With a measure of disbelief and an even bigger dose of curiosity, I read and heard the many petulant reactions to the freshly ratified contract between the Chicago school system and its teachers. (“New Contract Would Give Chicago Teachers Raises,” Sept. 12, 2007.)
The disbelief was over why anyone would resent an annual 4 percent raise for Chicago teachers, considering the prodigiously difficult challenge they face each day.
And the curiosity was over whether those making the same old complaints about teachers—their short days, summers off, entrenched job security, underperforming students—had ever spent a year, or even a week, in a city school.
I spent five days a week for 20 years in a Chicago high school. The experience was memorable and life-altering, in much the same way war must be. And also as with war, though I do not regret having served, I am not tempted to re-enlist, not if my salary were raised 40 percent, let alone nudged by a minuscule 4 percent.
Teaching in the Chicago public schools was memorable and life-altering, in much the same way war must be.
Mind you, it is not disgruntlement. There is no better place to be than in a classroom, where the earnestness, curiosity, and sheer goodness of young minds inspire a teacher. You ache for them to succeed.
But outside the classroom, in the halls, in the cafeteria, the parking lot, and on the streets in the “safe school zone,” lurked enemies and insurgents, predators, gangsters, thieves, and perpetrators of vandalism and violence. Students often had to cut class to avoid robbery, assault, or gang recruitment.
A few would arrive listless and hungry, having come from a single- or zero-parent home where breakfast wasn’t available, nor sometimes heat or hot water. Many were taciturn, a few verging on catatonic, victims of sexual or domestic abuse. Some sat in my room with bandaged gunshot wounds, while others did not survive.
Teaching was fulfilling. But I had to leave my classroom many times a day to break up fights in the hall, or to chase drug users or trespassers, one of whom threatened to “blow me away.”
The principal did his best to secure the school, but with only one policeman on a 4,000-student campus, he appended “security guard” to our job descriptions.
So, in between classes, I patrolled a hallway half a mile long. The uniform I wore each day to teach journalism and literature consisted of loose-fitting clothes and sneakers, so that I could chase down delinquents and physically deliver them to our lone officer. Often I failed, as during the living nightmare when I couldn’t get through the crowds fast enough and a 16-year-old was beaten, his skull cracked by a ball-peen hammer.
At each day’s end, I reported for bus loading, which we referred to as “thug patrol,” to protect our students at the bus stop while toughs made menacing gang signs across the street.
None of these things could I have done, were it not for the fact that my colleagues were doing the same: the swimming coach dislocating his knee in the icy parking lot in pursuit of a thief; an algebra instructor fending off blows from a student she caught cheating; a gym teacher wrestling bloody scissors away from one student who had stabbed another in a faculty office.
Yet, in the teeth of the turmoil, teachers performed miracles. One received an award for college-level scholarship in his history classroom. Another led an understaffed, underfunded high school football team to Chicago’s first Prep Bowl victory. A biology teacher, affectionately called “Rev” by his students, counseled teenagers as well as teachers about life’s other facets. And dozens of others never left the building until well after dark, tutoring their students, prepping around the clock.
The uniform I wore each day consisted of loose-fitting clothes and sneakers, so that I could chase down delinquents and deliver them to our lone officer.
Some things have changed in the Chicago public schools since I left. There are metal detectors at the doors, and I understand there are now two policemen assigned to each building.
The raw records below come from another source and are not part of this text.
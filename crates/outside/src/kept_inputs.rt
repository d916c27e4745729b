ghost use Rattle.std.specs.Prelude.{◌≤◌, IfOk, length};

use crate::ahead::{Ahead, read_once};
use crate::tray::DeviceError;
use std::alloc::Allocator;
use std::fs::OpenFile;
use std::io::{Read, Seek};
use std::rt::Files;
use std::{fs, io};

// The system's error code where a process may open no more files (EMFILE).
const TOO_MANY_OPEN: i32 = 24;

// A file that is read. Where it has a name it is kept under it when another file is begun.
#[derive(Drop)]
pub(crate) struct Input<F: Drop, A: Allocator> {
    name: Option<String<A>>,
    file: F,
    is_regular: bool,
}

// Open files that were begun before, by the names that they were opened with.
#[derive(Drop)]
pub(crate) struct KeptInputs<F: Drop, A: Allocator> {
    inputs: Vec<Input<F, A>, A>,
    most: usize,
}

impl<F: Drop, A: Allocator> KeptInputs<F, A> {
    // Keeps no file yet, and later at most `most`.
    pub(crate) fn new(alloc: A, most: usize) -> KeptInputs<F, A> {
        KeptInputs {
            inputs: Vec::new(alloc),
            most,
        }
    }

    // Keeps a file that has a name. Where there are `most` already, or memory runs out, it is closed.
    pub(crate) fn keep(&mut self, input: Option<Input<F, A>>) {
        if let Some(input) = input
            && input.name.is_some()
            && self.inputs.len() < self.most
        {
            let _closed = self.inputs.push(input);
        }
    }

    // Takes out the file that was opened by that name.
    fn take(&mut self, name: &str) -> Option<Input<F, A>> {
        for place in 0..self.inputs.len() {
            if self.inputs[place].is_named(name) {
                return Some(self.inputs.swap_remove(place));
            }
        }
        None
    }
}

impl<F: Drop, A: Allocator> Input<F, A> {
    fn is_named(&self, name: &str) -> bool {
        match &self.name {
            Some(own) => own.as_str() == name,
            None => false,
        }
    }
}

impl<F: Read + Drop, A: Allocator> Input<F, A> {
    // Reads on, in a regular file by way of the buffer.
    pub(crate) fn read(&mut self, ahead: &mut Ahead, buf: &mut [u8]) -> Result<usize, DeviceError>
        ensures within { IfOk result (λ n. n ≤ length buf.new) }
    {
        if self.is_regular {
            ahead.read(&mut self.file, buf)
        } else {
            read_once(&mut self.file, buf)
        }
    }
}

// Begins the file of that name: the one that is kept under it, from its first byte on, or else the one on the disk now.
pub(crate) fn begin_input<R: Files + Alloc>(
    files: &R,
    kept: &mut KeptInputs<R::File, R::A>,
    name: &str,
) -> Option<Input<R::File, R::A>> {
    match kept.take(name) {
        Some(input) => rewound(input),
        None => open_input(files, kept, name),
    }
}

// A file from its first byte on.
fn rewound<F: Seek + Drop, A: Allocator>(input: Input<F, A>) -> Option<Input<F, A>> {
    let mut input = input;
    match input.file.rewind() {
        Ok(_) => Some(input),
        Err(_) => None,
    }
}

// Opens the file of that name. Where too many are open, the kept ones are closed first.
fn open_input<R: Files + Alloc>(
    files: &R,
    kept: &mut KeptInputs<R::File, R::A>,
    name: &str,
) -> Option<Input<R::File, R::A>> {
    let file = fs::open(files, name);
    if are_too_many(&file) && !kept.inputs.is_empty() {
        kept.inputs.clear();
        return input_of(files.alloc(), 0, name, fs::open(files, name).ok());
    }
    input_of(files.alloc(), kept.most, name, file.ok())
}

// Whether a file was not opened since too many are.
fn are_too_many<F>(file: &io::Result<F>) -> bool {
    match file {
        Ok(_) => false,
        Err(error) => error.raw_os_error() == Some(TOO_MANY_OPEN),
    }
}

// A file that was just opened. It will be kept unless memory runs out. One that cannot be begun again, as a pipe, is
// kept too, so that beginning it again fails and does not wait for another writer.
fn input_of<F: OpenFile + Drop, A: Allocator>(
    alloc: A,
    most: usize,
    name: &str,
    file: Option<F>,
) -> Option<Input<F, A>> {
    let file = file?;
    let is_regular = is_regular(&file);
    let name = if most > 0 {
        String::from_str(alloc, name).ok()
    } else {
        None
    };
    Some(Input {
        name,
        file,
        is_regular,
    })
}

fn is_regular<F: OpenFile>(file: &F) -> bool {
    match file.metadata() {
        Ok(metadata) => metadata.is_file(),
        Err(_) => false,
    }
}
But it’s obviously not enough, as violence proliferates, including three shootings last school year at the very building where I spent two decades, Chicago Vocational Career Academy (formerly known as Chicago Vocational High School).
A community activist worried aloud about Vocational in a local newspaper last spring. “The school is like a war zone on the third floor with the gang fights,” he told the Chicago Tribune. “The security won’t even go there. I don’t understand why they can’t get it right.”
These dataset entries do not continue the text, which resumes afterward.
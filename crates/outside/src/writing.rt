ghost use Rattle.std.specs.Prelude.{IsTrue};
ghost use Rattle.outside.specs.Writing.{WritesFile, WritesOn, FillsFile};

use crate::rack::Rack;
use crate::tray::DeviceError;

/// Writes a whole file of that name: creates it, writes all bytes and finishes it.
pub fn write_file<R: Rack>(rack: &mut R, name: &str, bytes: &[u8]) -> Result<(), DeviceError>
    ensures { WritesFile name.now bytes.now (R.state rack.old) (R.state rack.new) result }
{
    rack.create(name)?;
    fill(rack, bytes)
}

// Writes all of the open file, and finishes it.
fn fill<R: Rack>(rack: &mut R, bytes: &[u8]) -> Result<(), DeviceError>
    requires { IsTrue (R.state rack.old).is_open }
    ensures { FillsFile bytes.now (R.state rack.old) (R.state rack.new) result }
{
    write_on(rack, bytes)?;
    rack.finish()
}

/// Writes a whole piece at the end of the open file.
pub fn write_on<R: Rack>(rack: &mut R, piece: &[u8]) -> Result<(), DeviceError>
    requires { IsTrue (R.state rack.old).is_open }
    ensures { WritesOn piece.now (R.state rack.old) (R.state rack.new) result }
{
    let mut done = 0usize;
    while done < piece.len() {
        let count = rack.write(&piece[done..])?;
        done += count;
    }
    Ok(())
}
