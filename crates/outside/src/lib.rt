//! Files and standard output, by two traits, `Tray` and `Rack`, each of them for a disk and for tests in memory.
#![tactic(auto)]

mod ahead;
mod disk_file;
pub mod disk_rack;
pub mod disk_tray;
pub mod distinct_names;
pub mod endless_tray;
mod kept_inputs;
mod mem_calls;
pub mod mem_file;
pub mod mem_rack;
pub mod mem_tray;
pub mod rack;
pub mod reading;
pub mod shelf;
pub mod tray;
pub mod writing;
Perhaps by they, he meant the administrators, and Ph.D. education consultants, and editorial-board members now angry that teachers didn’t give up enough for their 4 percent raise.
Perhaps they neglected, in their research, to examine the master plan for education put out by one presidential candidate, Gov. Bill Richardson of New Mexico, or that of the entire U.S. Catholic education system, both of which are predicated on this primary principle: respecting teachers.
Perhaps, had they spent enough time in one of those brick-and-mortar buildings, our schools’ real priority might have hit them square in the face.